Além de várias cartas a pedir a libertação dos ativistas, a AJPD também já visitou Cabinda e tem estado a acompanhar o processo. O apelo que tem feito é que a PGR liberte os defensores dos direitos humanos, "tendo em conta que não existe nenhuma prova contra estes e que até hoje não conseguiram provar a culpa deles."

Mensagem dirigida a ativistas

Lúcia Silveira deixa bem claro a perceção que a ONG tem em relação a este processo: "É uma mensagem que se está a mandar aos defensores dos direitos humanos que tentam trabalhar e expor situações de violação dos direitos humanos."

Para além de "não haver respostas concretas em relação à questão, a própria Procuradoria não se tem manifestado" em relação ao caso, apesar dos inúmeros pedidos da AJPD", sublinha.

O pastor Alexandre Lionga Casso, um dos ativistas que convocou para 14 de março a marcha contra a má governação e as violações dos direitos humanos em Cabinda, é extremamente crítico em relação ao Governo central angolano. Afirma que com o Governo do MPLA não se espera um desfecho rápido deste caso.

"São pessoas que fazem coisas de propósito para castigar as pessoas moralmente e ver se as pessoas podem desistir", afirma. "Agora estão a procurar um motivo para a sua libertação. Por enquanto, estão ainda indecisos. Mas querem, sobretudo, desmoralizar as pessoas que estão lá detidas."
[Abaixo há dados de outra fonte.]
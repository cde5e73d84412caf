// Replays lists of answers bit by bit: each name of the command line is a function and its list.
#![tactic(auto)]

mod functions;

use functions::Function;
use replay::replay;

fn main(rt: HostRuntime) -> anyhow::Result<()> {
    replay::<Function>(&rt)
}
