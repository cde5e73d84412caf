// The functions that lists give answers of.
ghost use Rattle.replay.specs.Names.{Named};
ghost use Rattle.vectors_angles.specs.Functions.{answers_of_angles, name_of};

use floats::{copysign, larger, remquo, smaller, sqrt, sum};
use geomath::{ang_diff, ang_normalize, ang_round, lat_fix, remainder};
use polygon::transit;
use replay::{Answers, NoSuchFunction};
use std::num::nearest_i64_to_f64;
use std::str::FromStr;

#[derive(Clone, Copy, PartialEq, Eq, Debug, Hash)]
pub enum Function {
    Sum,
    AngRound,
    Remainder,
    AngNormalize,
    LatFix,
    AngDiff,
    Transit,
    Remquo,
    Larger,
    Smaller,
    CopySign,
    Root,
}

// The function whose list has this name.
impl FromStr for Function {
    type Err = NoSuchFunction;

    ghost from_str_gives = { λ name r. Named name_of name r };

    fn from_str(name: &str) -> Result<Function, NoSuchFunction> {
        match name {
            "sum" => Ok(Function::Sum),
            "ang_round" => Ok(Function::AngRound),
            "remainder" => Ok(Function::Remainder),
            "ang_normalize" => Ok(Function::AngNormalize),
            "lat_fix" => Ok(Function::LatFix),
            "ang_diff" => Ok(Function::AngDiff),
            "transit" => Ok(Function::Transit),
            "remquo" => Ok(Function::Remquo),
            "larger" => Ok(Function::Larger),
            "smaller" => Ok(Function::Smaller),
            "copysign" => Ok(Function::CopySign),
            "sqrt" => Ok(Function::Root),
            _ => Err(NoSuchFunction),
        }
    }
}

// A function of one argument takes the first, and a lone answer stands before +0. A match and no table
// of functions: the arms show what each name answers, and a pointer would not.
impl Answers for Function {
    ghost answers_of = { answers_of_angles };

    fn answers(&self, x: f64, y: f64) -> (f64, f64) {
        match self {
            Function::Sum => sum(x, y),
            Function::AngRound => (ang_round(x), 0.0),
            Function::Remainder => (remainder(x, y), 0.0),
            Function::AngNormalize => (ang_normalize(x), 0.0),
            Function::LatFix => (lat_fix(x), 0.0),
            Function::AngDiff => ang_diff(x, y),
            Function::Transit => (nearest_i64_to_f64(transit(x, y)), 0.0),
            Function::Remquo => {
                let (rest, quotient) = remquo(x);
                (rest, f64::from(quotient))
            }
            Function::Larger => (larger(x, y), 0.0),
            Function::Smaller => (smaller(x, y), 0.0),
            Function::CopySign => (copysign(x, y), 0.0),
            Function::Root => (sqrt(x), 0.0),
        }
    }
}
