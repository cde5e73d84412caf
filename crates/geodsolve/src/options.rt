// The options of the command line, after those of GeographicLib's GeodSolve.
ghost use Rattle.std.specs.Prelude.{◌≡◌};
ghost use Rattle.geodsolve.specs.Options.{usual, full, precise, ReadsFlag};

use std::str::FromStr;
use thiserror::Error;

#[derive(Clone, Copy, PartialEq, Eq, Hash, Debug)]
pub enum Flag {
    // -f: all figures, with the points
    Full,
    // -p: the next word is the precision
    Precision,
}

// A word that is no flag; it tells how this program is called.
#[derive(Clone, Copy, PartialEq, Eq, Hash, Debug, Error)]
#[error("usage: geodsolve [-f] [-p DIGITS] < points")]
pub struct NotAFlag;

impl FromStr for Flag {
    type Err = NotAFlag;

    ghost from_str_gives = { ReadsFlag };

    fn from_str(word: &str) -> Result<Flag, NotAFlag> {
        match word {
            "-f" => Ok(Flag::Full),
            "-p" => Ok(Flag::Precision),
            _ => Err(NotAFlag),
        }
    }
}

#[derive(Clone, Copy, PartialEq, Eq, Hash, Debug)]
pub struct Options {
    pub full: bool,
    // the decimals of a length in metres
    pub digits: usize,
}

// Bearings and distance, to the millimetre.
impl Default for Options {
    ghost is_default = { λ options. options ≡ usual };

    fn default() -> Options {
        Options {
            full: false,
            digits: 3,
        }
    }
}

impl Options {
    pub fn full(self) -> Options
        ensures { result ≡ full self }
    {
        Options { full: true, ..self }
    }

    // With this precision, ten decimals at most.
    pub fn precise(self, digits: usize) -> Options
        ensures { result ≡ precise self digits }
    {
        Options {
            digits: digits.min(10),
            ..self
        }
    }
}
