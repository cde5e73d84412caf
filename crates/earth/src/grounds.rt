// What an outline is drawn on: the WGS84 ellipsoid over the series set, or a plate.
ghost use Rattle.std.specs.Prelude.{◌≡◌, ◌≤◌, true};
ghost use Rattle.std.proofs.Math.Dec.{lit≤};
ghost use Rattle.functions.specs.Series.{series};
ghost use Rattle.surface.specs.Plates.{plate_edge};
ghost use Rattle.surface.specs.Wholes.{whole_fits};
ghost use Rattle.ellipsoid.specs.Capabilities.{polygon_area};
ghost use Rattle.inverse.proofs.Evaluations.{inverse_few};
ghost use Rattle.geodesic.specs.Answers.{edge_of};
ghost use Rattle.earth.specs.declared.grounds.Ground.{Ground};
ghost use Rattle.earth.specs.declared.grounds.Ground.TheVariants.{Earth, Sheet};
ghost use Rattle.earth.specs.Wgs84.{wgs84};
ghost use Rattle.earth.specs.Numbers.{whole-fits};
ghost use Rattle.earth.specs.Grounds.{edges_on, whole_on};

use crate::{wgs84_area, wgs84_edge};
use surface::{Edge, Plate, Surface};

#[derive(Clone, Copy, PartialEq, Debug)]
pub enum Ground {
    Earth,
    Sheet(Plate),
}

impl Surface for Ground {
    ghost edges = { λ g. edges_on g };

    ghost whole = { λ g. whole_on g };

    ghost fits = { λ s.
        elim s as (λ (g : Ground). whole_fits (whole_on g) ≡ true) [
          | Earth ↦ whole-fits
          | Sheet p ↦ p.fits
        ] };

    // 83: the most evaluations that `Surface::few` lets an edge take.
    ghost few = { unfold edge_of plate_edge in
        λ s lat1 lon1 lat2 lon2.
        elim s as (λ (g : Ground). (edges_on g lat1 lon1 lat2 lon2).evaluations ≤ 83) [
          | Earth ↦ inverse_few series wgs84 polygon_area lat1 lon1 lat2 lon2
          | Sheet p ↦ lit≤ tt
        ] };

    fn edge(&self, lat1: f64, lon1: f64, lat2: f64, lon2: f64) -> Edge {
        match self {
            Ground::Earth => wgs84_edge(lat1, lon1, lat2, lon2),
            Ground::Sheet(plate) => plate.edge(lat1, lon1, lat2, lon2),
        }
    }

    fn area(&self) -> f64 {
        match self {
            Ground::Earth => wgs84_area(),
            Ground::Sheet(plate) => plate.area(),
        }
    }
}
Angola Polizeipatrouille in Cabinda
Patrulha policial em Cabinda (2009)Foto: picture-alliance/abaca

"Governo nunca respeitou as leis"

Alexandre Lionga Casso tece ainda duras críticas à atuação das autoridades angolanas. "O Governo angolano nunca respeitou as leis. É como se estivéssemos numa selva", critica.

Também o historiador e professor cabinda Bernardo Puati Tina está a acompanhar atentamente o desenrolar do processo. O ativista dos direitos humanos sublinha que não é oportuno anunciar as próximas ações que estão a ser planeadas em Cabinda, por uma questão de estratégia e segurança.

Bernardo Puati lança um apelo às organizações de defesa dos direitos humanos e aos meios de comunicação internacionais para que ajudem Cabinda a sair desta "preocupante situação" em que se encontra. "Para que a pressão externa seja cada vez mais relevante e se reflita de forma direta nas políticas ditatoriais do Governo angolano", conclui.